In December, a workshop was held with school bus drivers and conductors to address issues of safety and expected behaviour of students and bus workers while on the buses, focal point for the Child Friendly School Initiative, Desiree Antonio said on OBSERVER AM.
One of the decisions coming out of that workshop was for new signage to be featured on the buses, she said.
As such, last Friday, the Ministry of Education, in collaboration with the Antigua & Barbuda Transport Board, launched the new signage – depicting students being ready, respectful and responsible – on the school buses, the education officer explained.
“We recognise that for children to really learn and develop as they ought to, they must have an environment that is conducive to learning; it must be safe and protected, ” Antonio said.
“…If children feel threatened within the learning environment, they will not concentrate on learning, ” she added.
In 2007, the Ministry of Education adopted the Child Friendly School Initiative, which is the United Nations International Children Emergency Fund’s (UNICEF) framework for fostering environments that facilitate learning. This initiative forms part of this positive behaviour management and safety strategy.
Explaining the process in which the designs of the signs were chosen, Antonio said that students were encouraged to participate in an art competition hosted by the ministry last February. The top three signs were then selected.
“It is them, really, expressing themselves through the artwork that we figured this is one way that their voices can be heard, ” the education officer said of the decision to include the students in the initiative.
Antonio is optimistic that other workshops such as these will be held in the future.

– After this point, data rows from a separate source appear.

//! Calls on the database by the operands of an instruction.

ghost use Rattle.std.specs.Prelude.{◌≡◌, IfOk};
ghost use Rattle.model_machine.specs.Calls.{set_call, clear_call, clear_range_call, clear_range_starts_with_call, atomic_call};
ghost use Rattle.model_machine.specs.Calls.{call_of, written_in, prefix_end};
ghost use Rattle.stack_items.specs.Looks.{LooksUnlessFull};

use crate::reads::{
    get_call, get_key_call, get_range_call, get_range_selector_call, get_range_starts_with_call,
};
use crate::requests::range_operand;
use fdb_calls::TxnCall;
use key_bytes::{Bytes, Key, KeyRange};
use model_machine::{Awaits, DatabaseOperation, Scope};
use stack_items::{Operands, StackFault};
use std::alloc::{AllocError, Global};

/// A call on the database, and what its reply is used for.
pub type Call = (TxnCall, Awaits);

/// Reads the operands of an operation, and makes the call that it asks in a scope.
pub fn call_of(
    operands: &mut Operands<'_>,
    alloc: Global,
    operation: DatabaseOperation,
    scope: Scope,
) -> Result<Call, StackFault>
    ensures { LooksUnlessFull (λ call. call) result (call_of operation scope) operands.old operands.new }
{
    match operation {
        DatabaseOperation::Get => get_call(operands, scope),
        DatabaseOperation::GetKey => get_key_call(operands, scope),
        DatabaseOperation::GetRange => get_range_call(operands, scope),
        DatabaseOperation::GetRangeStartsWith => get_range_starts_with_call(operands, alloc, scope),
        DatabaseOperation::GetRangeSelector => get_range_selector_call(operands, scope),
        DatabaseOperation::Set => set_call(operands, scope),
        DatabaseOperation::Clear => clear_call(operands, scope),
        DatabaseOperation::ClearRange => clear_range_call(operands, scope),
        DatabaseOperation::ClearRangeStartsWith => {
            clear_range_starts_with_call(operands, alloc, scope)
        }
        DatabaseOperation::AtomicOp => atomic_call(operands, scope),
    }
}

fn set_call(operands: &mut Operands<'_>, scope: Scope) -> Result<Call, StackFault>
    ensures { LooksUnlessFull (λ call. call) result (set_call scope) operands.old operands.new }
{
    let key = operands.copied_bytes()?;
    let value = operands.copied_bytes()?;
    Ok((TxnCall::Set { key, value }, written_in(scope)))
}

fn clear_call(operands: &mut Operands<'_>, scope: Scope) -> Result<Call, StackFault>
    ensures { LooksUnlessFull (λ call. call) result (clear_call scope) operands.old operands.new }
{
    let key = operands.copied_bytes()?;
    Ok((TxnCall::Clear { key }, written_in(scope)))
}

fn clear_range_call(operands: &mut Operands<'_>, scope: Scope) -> Result<Call, StackFault>
    ensures { LooksUnlessFull (λ call. call) result (clear_range_call scope) operands.old operands.new }
{
    let range = range_operand(operands)?;
    Ok((TxnCall::ClearRange { range }, written_in(scope)))
}

fn clear_range_starts_with_call(
    operands: &mut Operands<'_>,
    alloc: Global,
    scope: Scope,
) -> Result<Call, StackFault>
    ensures { LooksUnlessFull (λ call. call) result (clear_range_starts_with_call scope) operands.old operands.new }
{
    let begin = operands.copied_bytes()?;
    let end = prefix_end(alloc, &begin)?;
    let range = KeyRange { begin, end };
    Ok((TxnCall::ClearRange { range }, written_in(scope)))
}

/// Returns the end of the range of the keys that begin with a prefix: the least key above them, or FF where
/// there is none.
pub fn prefix_end(alloc: Global, prefix: &Bytes) -> Result<Key, AllocError>
    ensures { IfOk result (λ end. end ≡ prefix_end prefix.now) }
{
    match prefix.strinc()? {
        Some(end) => Ok(end),
        None => Bytes::from_slice(alloc, &[0xFF]),
    }
}

fn atomic_call(operands: &mut Operands<'_>, scope: Scope) -> Result<Call, StackFault>
    ensures { LooksUnlessFull (λ call. call) result (atomic_call scope) operands.old operands.new }
{
    let name = operands.copied_bytes()?;
    let key = operands.copied_bytes()?;
    let operand = operands.copied_bytes()?;
    Ok((TxnCall::Atomic { name, key, operand }, written_in(scope)))
}

// What the reply to a write is used for.
fn written_in(scope: Scope) -> Awaits
    ensures { result ≡ written_in scope }
{
    match scope {
        Scope::Transaction | Scope::Snapshot => Awaits::Nothing,
        Scope::Database => Awaits::NotPresent,
    }
}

Other plans include public sensitisation on the need for schools being child friendly, secondary school teacher-training in positive behaviour management in September, and recorded interviews focusing on the school environment.
“Hopefully, we will be working closely with other stakeholders to train even our teachers as to how they respond to instances of child abuse, ” the education officer said.
She continued, “Many times, persons are at a loss. They see a child who depicts or manifests signs of abuse and then they do not know how to respond. Whom should we contact? How do we deal with this? Do we have that legal responsibility to report it?”